PHYS 243: Foundations of Applied Machine Learning
Machine learning (ML) has emerged as a very powerful tool in Data Science. With ML techniques, computational systems can adaptively improve their performances using experimental data to train. This allows construction of algorithms that can learn from and make predictions based on data. Machine learning is a demanding discipline and is presently used to extract information from data in a variety of fields. This course is designed to prepare students to work in the Data Science disciplines using ML techniques, introduce existing ML techniques and algorithms. The course will provide practical experience and case studies based on real data. It covers examples from different disciplines- physics, astronomy, biology, neuroscience, finance. The course also provides an introduction to deep learning and its applications. By the successful completion of this course students would be able to define solutions for problems in a variety of disciplines using ML or deep learning techniques.
About the Instructor
Bahram Mobasher is Professor of Physics and Observational Astronomy at the University of California, Riverside (UCR). His main research is in formation and evolution of galaxies over the age of the Universe using large galaxy surveys. For his research Prof. Mobasher uses data from the ground-based and space telescopes- both imaging and spectroscopy.
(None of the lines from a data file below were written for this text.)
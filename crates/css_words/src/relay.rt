ghost use Rattle.std.specs.Prelude.{◌≡◌, ◌≤◌, ℕ, IfOk, List, Ok, map, string_bytes};
ghost use Rattle.std.specs.Str.{IsUtf8};
ghost use Rattle.clap.specs.Words.{found_of, rows_of};
ghost use Rattle.css_num.specs.Gives.{GivesBy};
ghost use Rattle.css_words.specs.Relay as relay;
ghost use Rattle.css_words.specs.declared.fault.WordsFault.TheVariants as faults;

use crate::companion::{ask_every, cii, local_error, local_precision};
use crate::fault::WordsFault;
use crate::options::{Matches, NumberOption, matches_of, number_or, text_given_or};
use crate::tv::{LOCAL_HOST, check_host, limit};
use crate::words::{RelayNumbers, RelayWords};
use clap::ArgMatches;
use css_num::Text;
use std::alloc::Global;

pub static OPTIONS: [&str; 8] = [
    "cii",
    "port",
    "turns",
    "seconds",
    "ask-every",
    "local-error",
    "local-precision",
    "host",
];

pub const PORT: NumberOption = NumberOption {
    name: "port",
    default: 6690,
    least: 1024,
    most: 65_534,
};

/// The port of the relay.
pub fn port(matches: &ArgMatches<'_>) -> Result<u16, WordsFault>
    ensures value { result ≡ relay.port (rows_of (found_of matches.now)) }
    ensures least { IfOk result (λ port. 1024 ≤ port) }
    ensures most { IfOk result (λ port. port ≤ 65534) }
{
    let port = number_or(matches, PORT)?;
    Ok(port as u16)
}

fn relay_matches<'a>(alloc: Global, words: &'a [String]) -> Result<Matches<'a>, WordsFault>
    ensures { GivesBy (λ matches. rows_of (found_of matches.all)) faults.Memory result
        (relay.relay_rows (map string_bytes words.entry.now)) }
{
    matches_of(alloc, OPTIONS.as_slice(), &[], words)
}

// The numbers of a relay, in their order.
fn numbers(matches: &ArgMatches<'_>) -> Result<RelayNumbers, WordsFault>
    ensures { GivesBy relay.numbers_of faults.Memory result (relay.numbers (rows_of (found_of matches.now))) }
{
    let port = port(matches)?;
    let limit = limit(matches)?;
    let ask_every = ask_every(matches)?;
    let local_error = local_error(matches)?;
    let local_precision = local_precision(matches)?;
    Ok(RelayNumbers {
        port,
        limit,
        ask_every,
        local_error,
        local_precision,
    })
}

// The relay that the matches of some words ask for.
fn relay_from(alloc: Global, matches: &ArgMatches<'_>) -> Result<RelayWords, WordsFault>
    ensures value { (words : List (List ℕ)) → relay.relay_rows words ≡ Ok (rows_of (found_of matches.now))
        → GivesBy relay.relay_of faults.Memory result (relay.relay_in words) }
    ensures utf8 { IfOk result (λ words. IsUtf8 words.host) }
{
    let cii = cii(alloc, matches)?;
    let numbers = numbers(matches)?;
    let host = text_given_or(matches, "host", LOCAL_HOST);
    let host = Text::of(alloc, host.as_bytes())?;
    check_host(alloc, host.bytes(), numbers.port)?;
    Ok(RelayWords {
        cii,
        port: numbers.port,
        limit: numbers.limit,
        ask_every: numbers.ask_every,
        local_error: numbers.local_error,
        local_precision: numbers.local_precision,
        host,
    })
}

/// The relay that the words of `relay` ask for.
#[tactic(auto, unfolding(crate::specs::Relay::relay_in))]
pub fn relay_words(alloc: Global, words: &[String]) -> Result<RelayWords, WordsFault>
    ensures value { GivesBy relay.relay_of faults.Memory result (relay.relay_in (map string_bytes words.now)) }
    ensures utf8 { IfOk result (λ words. IsUtf8 words.host) }
{
    let matches = relay_matches(alloc, words)?;
    relay_from(alloc, &matches.all)
}
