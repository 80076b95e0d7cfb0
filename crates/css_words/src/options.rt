ghost use Rattle.std.specs.Prelude.{◌≡◌, ◌≤◌, IfOk, IfErr, map, option_map, string_bytes, true, false};
ghost use Rattle.clap.specs.Words.{app_of, first_of, found_of, rows_of, rule_of};
ghost use Rattle.clap.specs.Faults.{is_simple_and_free};
ghost use Rattle.css_num.specs.Gives.{GivesBy};
ghost use Rattle.css_words.specs.Options as options;
ghost use Rattle.css_words.specs.declared.fault.WordsFault.TheVariants as faults;

use crate::fault::WordsFault;
use clap::{Arg, ArgAction, ArgMatches};
use css_num::whole_number;
use std::alloc::Global;

/// An option that tells a number and may be left out.
#[derive(Clone, Copy)]
pub struct NumberOption {
    pub name: &'static str,
    /// The number where the option isn't given.
    pub default: u64,
    pub least: u64,
    pub most: u64,
    pub ghost low: { least ≤ default },
    pub ghost high: { default ≤ most },
}

/// What some words say of a command's arguments.
pub struct Matches<'a> {
    pub all: ArgMatches<'a>,
}

// One function drops its many parts: what holds one needn't see them.
impl Drop for Matches<'_> {
    fn drop(self) {
        let Matches { all: _ } = self;
    }
}

// An argument of this name, by what a use of it does.
fn arg<'a>(alloc: Global, name: &'a str, action: ArgAction) -> Arg<'a>
    ensures rule { rule_of result ≡ options.arg_rule action name.entry.now }
    ensures local { result.global ≡ false }
{
    Arg::new(alloc, name).long(name).action(action)
}

// The command with arguments of these names too.
fn with_args<'a>(
    alloc: Global,
    command: clap::Command<'a>,
    names: &'a [&'a str],
    action: ArgAction,
) -> Result<clap::Command<'a>, WordsFault>
    ensures takes { IfOk result (λ more. app_of more
        ≡ options.with_args action (app_of command.entry) (map (λ name. name.now) names.entry.now)) }
    ensures memory { IfErr result (λ fault. fault ≡ faults.Memory) }
{
    let mut more = command;
    for name in names {
        more = more.arg(arg(alloc, *name, action))?;
    }
    Ok(more)
}

/// The command with these options, each of which takes a value, and these flags. All may be left out.
pub fn command_taking<'a>(
    alloc: Global,
    names: &'a [&'a str],
    flags: &'a [&'a str],
) -> Result<clap::Command<'a>, WordsFault>
    ensures takes { IfOk result (λ command. app_of command
        ≡ options.app_taking (map (λ name. name.now) names.entry.now) (map (λ name. name.now) flags.entry.now)) }
    ensures memory { IfErr result (λ fault. fault ≡ faults.Memory) }
{
    let command = clap::Command::new(alloc, "css");
    let command = with_args(alloc, command, names, ArgAction::Set)?;
    let command = with_args(alloc, command, flags, ArgAction::SetTrue)?;
    Ok(command)
}

// What the words say of the command's arguments. The first word is the command's name.
fn matches_in<'a>(
    command: clap::Command<'a>,
    words: &'a [String],
) -> Result<Matches<'a>, WordsFault>
    requires { is_simple_and_free (app_of command) ≡ true }
    ensures { GivesBy (λ matches. rows_of (found_of matches.all)) faults.Memory result
        (options.rows_in (app_of command.entry) (map string_bytes words.entry.now)) }
{
    Ok(Matches {
        all: command.try_get_matches_from(words)?,
    })
}

/// What the words say of the command's arguments, or what a parse finds wrong with them.
pub fn parsed<'a>(
    command: clap::Command<'a>,
    words: &'a [String],
) -> Result<Matches<'a>, clap::Error> {
    Ok(Matches {
        all: command.try_get_matches_from(words)?,
    })
}

/// What the words say of a command with these options, each of which takes a value, and these flags. All may be left
/// out. The first word is the command's name.
pub fn matches_of<'a>(
    alloc: Global,
    names: &'a [&'a str],
    flags: &'a [&'a str],
    words: &'a [String],
) -> Result<Matches<'a>, WordsFault>
    requires { is_simple_and_free (options.app_taking (map (λ name. name.now) names.now)
        (map (λ name. name.now) flags.now)) ≡ true }
    ensures { GivesBy (λ matches. rows_of (found_of matches.all)) faults.Memory result
        (options.rows_in (options.app_taking (map (λ name. name.now) names.entry.now)
        (map (λ name. name.now) flags.entry.now)) (map string_bytes words.entry.now)) }
{
    let command = command_taking(alloc, names, flags)?;
    matches_in(command, words)
}

/// The text of an option, where it was given.
pub fn text_given<'a>(matches: &ArgMatches<'a>, name: &str) -> Option<&'a str>
    ensures { option_map (λ text. text.now) result ≡ first_of name.now (rows_of (found_of matches.now)) }
{
    matches.get_str(name)
}

/// The text of an option, or the default one where it wasn't given.
pub fn text_given_or<'a>(matches: &ArgMatches<'a>, name: &str, default: &'a str) -> &'a str
    ensures { result.now ≡ options.text_or default.entry.now name.now (rows_of (found_of matches.now)) }
{
    match text_given(matches, name) {
        Some(text) => text,
        None => default,
    }
}

/// Whether a flag was given.
pub fn is_set(matches: &ArgMatches<'_>, name: &str) -> bool
    ensures { result ≡ options.is_set name.now (rows_of (found_of matches.now)) }
{
    matches!(text_given(matches, name), Some("true"))
}

/// The number from `least` to `most` that a text spells.
#[tactic(auto, unfolding(crate::specs::Options::number_in))]
pub fn number_in(text: &str, least: u64, most: u64) -> Result<u64, WordsFault>
    ensures value { result ≡ options.number_in least most text.now }
    ensures least { IfOk result (λ number. least ≤ number) }
    ensures most { IfOk result (λ number. number ≤ most) }
{
    let number = whole_number(text.as_bytes(), u64::MAX).ok_or(WordsFault::Usage)?;
    if number < least {
        return Err(WordsFault::Usage);
    }
    if number > most {
        return Err(WordsFault::Usage);
    }
    Ok(number)
}

/// The number from `least` to `most` of an option that has to be given.
pub fn number(
    matches: &ArgMatches<'_>,
    name: &str,
    least: u64,
    most: u64,
) -> Result<u64, WordsFault>
    ensures value { result
        ≡ options.required (options.number_in least most) name.now (rows_of (found_of matches.now)) }
    ensures least { IfOk result (λ number. least ≤ number) }
    ensures most { IfOk result (λ number. number ≤ most) }
{
    match text_given(matches, name) {
        None => Err(WordsFault::Usage),
        Some(text) => number_in(text, least, most),
    }
}

/// The number of an option, or the default one where it wasn't given.
pub fn number_or(matches: &ArgMatches<'_>, option: NumberOption) -> Result<u64, WordsFault>
    ensures value { result ≡ options.optional option.default (options.number_in option.least option.most)
        option.name.now (rows_of (found_of matches.now)) }
    ensures least { IfOk result (λ number. option.least ≤ number) }
    ensures most { IfOk result (λ number. number ≤ option.most) }
{
    match text_given(matches, option.name) {
        None => Ok(option.default),
        Some(text) => number_in(text, option.least, option.most),
    }
}
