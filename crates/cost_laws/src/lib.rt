//! Laws on costs: the pages that a change writes and is granted, and the segments that a row of
//! bytes meets.
//!
//! Each law is a function with no argument and no code, whose clause is the law. Of the lemmas in
//! `proofs/`, which crates above cite, `PartCostLemmas` is on the parts of a plan, `RunCostLemmas`
//! on the runs that these are granted, `NodeCostLemmas` on the made nodes, `CheapLemmas` on the
//! whole of a change, and `MetLemmas` on the segments that are met.
#![tactic(auto)]

mod changes;
mod segments;

pub use changes::a_change_is_cheap;
pub use segments::few_segments_are_met;
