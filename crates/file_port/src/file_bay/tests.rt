//! Real files: what the pages hold, and the calls that fail.

ghost use Rattle.std.specs.Prelude.{◌≡◌, ◌≤◌};

use super::FileBay;
use crate::{FilePort, FileSpan};
use page_port::{Bay, Port};
use std::alloc::AllocError;
use std::fs;

/// Writes pages 1 and 2, of 256 bytes each, in one call, and reads each in a call of its own
/// through another port, the second page first.
fn moved_pages(
    writer: &mut FilePort,
    reader: &mut FilePort,
    span: &mut FileSpan,
    bytes: &[u8; 512],
) -> [u8; 512]
    requires writer { writer.old.page ≡ 256 }
    requires reader { reader.old.page ≡ 256 }
    requires pages { 4 ≤ span.old.count }
{
    let mut found = [0; 512];
    if writer.write(span, 1, bytes).is_err() {
        return found;
    }
    let (first, second) = found.split_at_mut(256);
    if reader.read(span, 2, second).is_err() || reader.read(span, 1, first).is_err() {
        return [0; 512];
    }
    found
}

/// Whether a read of page 1, of 256 bytes, fails and is counted.
fn read_fails(port: &mut FilePort, span: &FileSpan) -> bool
    requires port { port.old.page ≡ 256 }
    requires pages { 2 ≤ span.now.count }
{
    let before = port.faults();
    port.read(span, 1, &mut [0; 256]).is_err() && port.faults() == before.saturating_add(1)
}

#[test]
fn pages_stand_in_the_file_where_their_numbers_say(rt: HostRuntime) -> Result<(), AllocError> {
    const PATH: &str = "file_port_pages.img";
    let mut bay = FileBay::new(rt.clone()?, rt.alloc(), PATH)?;
    assert!(rt; bay.prepare(1024).is_ok());
    assert!(rt; bay.size() == Ok(1024));
    let Ok(mut span) = bay.mount(256, 4) else {
        return Err(AllocError);
    };
    let Ok(mut writer) = bay.port() else {
        return Err(AllocError);
    };
    let Ok(mut reader) = bay.port() else {
        return Err(AllocError);
    };
    let mut bytes = [7; 512];
    bytes[0] = 1;
    bytes[256..].fill(9);
    assert!(rt; moved_pages(&mut writer, &mut reader, &mut span, &bytes) == bytes);

    let Ok(file) = fs::read(&rt, PATH) else {
        return Err(AllocError);
    };
    let mut whole = [0; 1024];
    whole[256..768].copy_from_slice(&bytes);
    assert!(rt; file[..] == whole[..]);
    assert!(rt; bay.mount(256, 5).is_err());
    assert_eq!(rt; bay.faults, 1);
    let _ = fs::remove_file(&rt, PATH);
    Ok(())
}

#[test]
fn the_first_bytes_are_those_of_the_file(rt: HostRuntime) -> Result<(), AllocError> {
    const PATH: &str = "file_port_first.img";
    let mut bytes = [3; 300];
    bytes[0] = 1;
    bytes[255] = 2;
    assert!(rt; fs::write(&rt, PATH, &bytes).is_ok());
    let mut bay = FileBay::new(rt.clone()?, rt.alloc(), PATH)?;
    let mut first = [0; 256];
    assert!(rt; bay.probe(&mut first).is_ok());
    assert!(rt; first[..] == bytes[..256]);
    assert!(rt; bay.size() == Ok(300));
    let _ = fs::remove_file(&rt, PATH);
    Ok(())
}

#[test]
fn a_missing_file_fails_each_call_but_the_one_that_makes_it(
    rt: HostRuntime,
) -> Result<(), AllocError> {
    const PATH: &str = "file_port_missing.img";
    let mut bay = FileBay::new(rt.clone()?, rt.alloc(), PATH)?;
    assert!(rt; bay.size().is_err());
    assert!(rt; bay.probe(&mut [0; 256]).is_err());
    assert!(rt; bay.mount(256, 1).is_err());
    assert_eq!(rt; bay.faults, 3);
    assert!(rt; fs::read(&rt, PATH).is_err());
    assert!(rt; bay.prepare(256).is_ok());
    assert!(rt; bay.size() == Ok(256));
    assert_eq!(rt; bay.faults, 3);
    let _ = fs::remove_file(&rt, PATH);
    Ok(())
}

#[test]
fn a_file_that_is_too_short_fails_what_reads_past_its_end(
    rt: HostRuntime,
) -> Result<(), AllocError> {
    const PATH: &str = "file_port_short.img";
    let mut bay = FileBay::new(rt.clone()?, rt.alloc(), PATH)?;
    assert!(rt; bay.prepare(512).is_ok());
    let Ok(span) = bay.mount(256, 2) else {
        return Err(AllocError);
    };
    let Ok(mut port) = bay.port() else {
        return Err(AllocError);
    };
    assert!(rt; bay.prepare(255).is_ok());
    assert!(rt; read_fails(&mut port, &span));
    assert!(rt; bay.probe(&mut [0; 256]).is_err());
    assert!(rt; bay.mount(256, 1).is_err());
    assert_eq!(rt; bay.faults, 2);
    bay.absorb(port);
    assert_eq!(rt; bay.faults, 3);
    let _ = fs::remove_file(&rt, PATH);
    Ok(())
}
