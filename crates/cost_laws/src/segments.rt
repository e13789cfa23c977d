//! The segments that a row of bytes meets.

ghost use Rattle.std.specs.Prelude.{ℕ, ◌-◌, ◌<◌, ◌≤◌, List, length};
ghost use Rattle.geometry_model.specs.Numbers.{Numbers};
ghost use Rattle.tree_model.specs.declared.entry.Pair.{Pair};
ghost use Rattle.tree_model.specs.Range.{in_range};
ghost use Rattle.layout_model.specs.Pack.{Packed};
ghost use Rattle.moment_model.specs.Costs.{segments_met};
ghost use Rattle.content_laws.specs.Spelling.{HaveBytes};

/// Where of two neighbouring entries one at least has as many pages as the threshold, the bytes of
/// a range lie in few of them.
pub fn few_segments_are_met()
    ensures { (n : Numbers) (threshold : ℕ) (entries : List Pair) (start from to : ℕ) →
        0 < n.page → HaveBytes entries → Packed n.page threshold entries →
        length (in_range from to start entries) ≤ segments_met n (to - from) threshold }
{}
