//! The cost of a change.

ghost use Rattle.std.specs.Prelude.{◌≡◌, ℕ, Option, Some};
ghost use Rattle.geometry_model.specs.Numbers.{Numbers, IsInRange};
ghost use Rattle.layout_model.specs.declared.change.Change.{Change};
ghost use Rattle.layout_model.specs.declared.extent.Extent.{Extent};
ghost use Rattle.layout_model.specs.Layout.{Tree, Grants};
ghost use Rattle.moment_model.specs.Version.{IsGood};
ghost use Rattle.change_laws.specs.Laying.{IsChange};
ghost use Rattle.change_laws.specs.Suiting.{IsSuited};
ghost use Rattle.change_laws.specs.Tail.{IsTail};
ghost use Rattle.cost_laws.specs.ChangeCost.{IsCheap};

/// A change of a good tree on pages that suit it, whoever granted them, writes pages by the
/// payload, the threshold and the height of the tree before it, and not by the object: at most its
/// cost. It is granted at most as many pages, and the spare that it leaves.
///
/// So a change that fails while it writes has written no more than the tree that stays allows,
/// however high the new one would have been.
pub fn a_change_is_cheap()
    ensures { (n : Numbers) (tree : Tree) (spare : Option Extent) (change : Change)
        (grants : Grants) →
        IsInRange n → IsGood n tree → IsTail n (Some tree) spare → IsChange tree change →
        IsSuited n tree spare change grants →
        IsCheap n tree spare change grants }
{}
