//! The laws of the definitions of the language's questions.
#![tactic(auto)]

mod algorithms;
mod heights;

pub use algorithms::{
    best_is_better, better_is_asymmetric, deduction_is_least, subsumption_is_entailment,
    worse_is_strict,
};
pub use heights::{answers_stay, verdicts_stay};
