//! The laws of heights and of limits, as contracts of functions that do nothing.

ghost use Rattle.cx_question_laws.specs.Laws.{LawOfHeights, LawOfLimits};

/// An answer of a question at a height, other than that the limit Height is passed, is its answer at every greater
/// height. The same holds of substitution, of typing and of the value of a requires-expression.
pub fn answers_stay()
    ensures { LawOfHeights }
{}

/// An answer that is no limit is the answer with all limits greater, of each question and of the verdict on a unit; and a
/// unit that is refused by a fault is well formed with no limits.
pub fn verdicts_stay()
    ensures { LawOfLimits }
{}
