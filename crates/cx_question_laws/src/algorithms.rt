//! Laws of the definitions that read as algorithms, each as the contract of a function that does nothing.

ghost use Rattle.cx_question_laws.specs.Algorithms.{LawOfDeduction, LawOfBest, LawOfOrders, LawOfRanking, LawOfSubsumption};

/// Deduction gives the least assignment that fits, and none exactly where no assignment fits ([temp.deduct.call]).
pub fn deduction_is_least()
    ensures { LawOfDeduction }
{}

/// The best of a list is better than every other member, and such a member is the best ([over.match.best]).
pub fn best_is_better<A>()
    ensures { LawOfBest A }
{}

/// No two functions, and no two specialisations, are better than one another.
pub fn better_is_asymmetric()
    ensures { LawOfOrders }
{}

/// "Worse" is a strict order of conversions ([over.ics.rank]).
pub fn worse_is_strict()
    ensures { LawOfRanking }
{}

/// One normal form subsumes another exactly where it entails it ([temp.constr.order]).
pub fn subsumption_is_entailment()
    ensures { LawOfSubsumption }
{}
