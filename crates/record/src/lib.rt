// The bodies of a delivery: the layout of each kind, the checks of its fields with the first reason that applies,
// and checked bodies, which say by their type what they describe and give their texts, names, numberings, places and times.
#![tactic(auto)]

mod body_kinds;
mod checking;
mod described;
mod field_keys;
mod field_names;
mod judging;
mod layouts;
mod records;
mod refusals;
mod walking;

pub use body_kinds::{
    AliasBody, BodyKind, PointBody, PointRetirementBody, RoadBody, RoadRetirementBody,
};
pub use checking::refusal;
pub use field_keys::FieldKey;
pub use field_names::{FieldName, Side};
pub use records::{Checked, check};
pub use refusals::BodyRefusal;
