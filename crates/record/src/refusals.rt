// Why a body is refused.
ghost use Rattle.std.specs.Prelude.{◌≡◌, Some};
ghost use Rattle.record.specs.Refusals.{refusal_number};
ghost use Rattle.record.specs.Texts.{refusal_text};
ghost use Rattle.record.specs.declared.refusals.BodyRefusal.TheVariants.{Broken};

use delivery::FieldPastEnd;
use std::error::Error;
use std::fmt;

/// The reasons for which a body is refused, in the order in which they are looked for.
#[derive(Clone, Copy, Debug, PartialEq, Eq)]
pub enum BodyRefusal {
    /// The place of a field that passes the body's end, or of the first byte left over.
    Broken(usize),
    /// The number of the first field at fault, from 1, and the place of its length byte.
    Field { number: usize, place: usize },
    /// The Effective is not before the Expire.
    Lifetime,
}

impl BodyRefusal {
    /// The number of the reason in the list of refusals.
    pub fn number(self) -> u8
        ensures { result ≡ refusal_number self }
    {
        match self {
            BodyRefusal::Broken(_) => 4,
            BodyRefusal::Field { .. } => 5,
            BodyRefusal::Lifetime => 6,
        }
    }
}

impl fmt::Display for BodyRefusal {
    ghost output = { λ refusal. Some (refusal_text refusal) };

    fn fmt<W: fmt::Write>(&self, f: &mut fmt::Formatter<W>) -> fmt::Result {
        let reason = self.number();
        match self {
            BodyRefusal::Broken(place) => write!(f, "body refused {reason} {place}"),
            BodyRefusal::Field { number, place } => {
                write!(f, "body refused {reason} {number} {place}")
            }
            BodyRefusal::Lifetime => write!(f, "body refused {reason}"),
        }
    }
}

impl Error for BodyRefusal {}

impl From<FieldPastEnd> for BodyRefusal {
    ghost from_gives = { λ past refusal. refusal ≡ Broken past.place };

    fn from(past: FieldPastEnd) -> BodyRefusal {
        BodyRefusal::Broken(past.place)
    }
}
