// Whether a field of a body is at fault, by what its name asks of its text.
ghost use Rattle.std.specs.Prelude.{◌≡◌, ◌^◌, ◌<◌};
ghost use Rattle.record.specs.Judging.{has_form, faulty_text, faulty, misread, ordinal, side_reading};
ghost use Rattle.record.specs.Named.{StandsAt};
ghost use Rattle.record.specs.Parts.{reading_from};

use crate::described::Described;
use crate::{FieldKey, FieldName, Side};
use instant::Instant;
use territory::{Numbering, NumberingText};
use text::{Layer, Nguid};

impl Described<'_> {
    /// Whether the field of the name, at its number in the layout, is at fault.
    #[tactic(auto, unfolding(crate::specs::Judging::faulty))]
    pub(crate) fn is_faulty<N: Numbering>(self, name: FieldName, index: usize) -> bool
        requires { StandsAt self.kind name index }
        ensures { result ≡ faulty N.Numbering.own self.entry.kind self.entry.body.bytes.now name }
    {
        is_faulty_text(name, self.text(index)) || self.is_misread::<N>(name, index)
    }

    // What the numbering finds at fault.
    #[tactic(auto, using(crate::proofs::NumberingTexts::side_read_from, crate::proofs::NamedTexts::stands_low))]
    fn is_misread<N: Numbering>(self, name: FieldName, index: usize) -> bool
        requires { StandsAt self.kind name index }
        ensures { result ≡ misread N.Numbering.own self.entry.kind self.entry.body.bytes.now name }
    {
        match name {
            FieldName::Numbering(_, which) => {
                let first = index.saturating_sub(ordinal(which));
                self.numbering_from::<N>(first).err() == Some(which)
            }
            FieldName::Place => N::read_place(self.text(index)).is_none(),
            _ => false,
        }
    }

    /// The numbering of a side, or the first of its texts at fault.
    #[tactic(auto, using(crate::proofs::NumberingTexts::side_read, crate::proofs::NumberingTexts::side_unread, crate::proofs::NamedTexts::stands_low))]
    pub(crate) fn numbering<N: Numbering>(self, side: Side) -> Result<N, NumberingText>
        ensures { result ≡ side_reading N.Numbering.own self.entry.kind self.entry.body.bytes.now side }
    {
        match FieldName::Numbering(side, NumberingText::First).index(self.kind) {
            Some(first) => self.numbering_from(first),
            None => N::read(b"", b"", b""),
        }
    }

    // The numbering of three texts in a row.
    fn numbering_from<N: Numbering>(self, first: usize) -> Result<N, NumberingText>
        requires { first < 2 ^ 32 }
        ensures { result ≡ reading_from N.Numbering.own self.entry.body.bytes.now first }
    {
        N::read(self.text(first), self.text(first + 1), self.text(first + 2))
    }
}

// How many texts of a numbering stand before it.
fn ordinal(which: NumberingText) -> usize
    ensures { result ≡ ordinal which }
{
    match which {
        NumberingText::First => 0,
        NumberingText::Second => 1,
        NumberingText::Third => 2,
    }
}

// Missing though required, or without its form.
fn is_faulty_text(name: FieldName, text: &[u8]) -> bool
    ensures { result ≡ faulty_text name text.now }
{
    (name.is_required() && text.is_empty()) || !has_form(name, text)
}

fn has_form(name: FieldName, text: &[u8]) -> bool
    ensures { result ≡ has_form name text.now }
{
    match name {
        FieldName::Identifier(layer) => Nguid::read(layer, text).is_some(),
        FieldName::RoadIdentifier => Nguid::read(Layer::Road, text).is_some(),
        FieldName::Text(field) | FieldName::SideText(_, field) => field.accepts(text),
        FieldName::DateUpdate | FieldName::Retirement => Instant::read(text).is_some(),
        FieldName::Effective => Instant::read_effective(text).is_some(),
        FieldName::Expire => Instant::read_expire(text).is_some(),
        FieldName::Numbering(_, _) | FieldName::Place => true,
    }
}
He is the Principal Investigator of a grant from NASA-MIRO program- Fellowship and Internship for Extremely Large Data Sets (FIELDS)- to train students in data science. He is leading collaborations in Data Science with NASA’s Jet Propulsion Laboratory (JPL). Prof. Mobasher is the co-founder of the multi-disciplinary Data Science Center at UCR. Prof. Mobasher has a BS in Physics. He obtained his MS and PhD in Observational Cosmology from Durham University, UK. He has an MS in optoelectronics and graduate diploma in Microwave engineering from the University of London. He was a research fellow in Astrophysics at the Imperial College, London. For seven years he was a staff scientist at the European Space Agency and an associate astronomer at the Space Telescope Science Institute, Baltimore, working on the calibration of instruments on the Hubble Space Telescope as well as doing research on the Hubble data.